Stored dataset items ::
============
//! Theorems: what a verdict means, and that a graph has only one. No function here has code.

ghost use Rattle.std.specs.Prelude.{◌≡◌, ℕ, List};
ghost use Rattle.std.specs.Ordering.{nat_cmp};
ghost use Rattle.common_graph.specs.Graph.{Fall, GraphOf, LeadsTo};
ghost use Rattle.common_graph.specs.Cycles.{HasNoCycle, IsLeastCycle};
ghost use Rattle.common_graph.specs.Verdict.{Passes};

/// States that ranks suffice: if some numbers fall along every step, no steps form a cycle.
pub fn ranks_suffice()
    ensures { (graph : GraphOf) (ranks : List ℕ) → Fall graph ranks → HasNoCycle (LeadsTo graph) }
{}

/// States that a graph has one verdict: at most one list of ranks, at most one least cycle, and never both.
pub fn one_answer()
    ensures ranks { (graph : GraphOf) (one other : List ℕ) → Passes graph one → Passes graph other → one ≡ other }
    ensures cycle { (graph : GraphOf) (one other : List ℕ)
        → IsLeastCycle nat_cmp (LeadsTo graph) one → IsLeastCycle nat_cmp (LeadsTo graph) other → one ≡ other }
    ensures either { (graph : GraphOf) (ranks nodes : List ℕ)
        → Passes graph ranks → IsLeastCycle nat_cmp (LeadsTo graph) nodes → ⊥ }
{}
============
WORK REQUEST :: Show the lines of the records above that mention "ensures".

EXPECTED OUTPUT ::
    ensures { (graph : GraphOf) (ranks : List ℕ) → Fall graph ranks → HasNoCycle (LeadsTo graph) }
    ensures ranks { (graph : GraphOf) (one other : List ℕ) → Passes graph one → Passes graph other → one ≡ other }
    ensures cycle { (graph : GraphOf) (one other : List ℕ)
    ensures either { (graph : GraphOf) (ranks nodes : List ℕ)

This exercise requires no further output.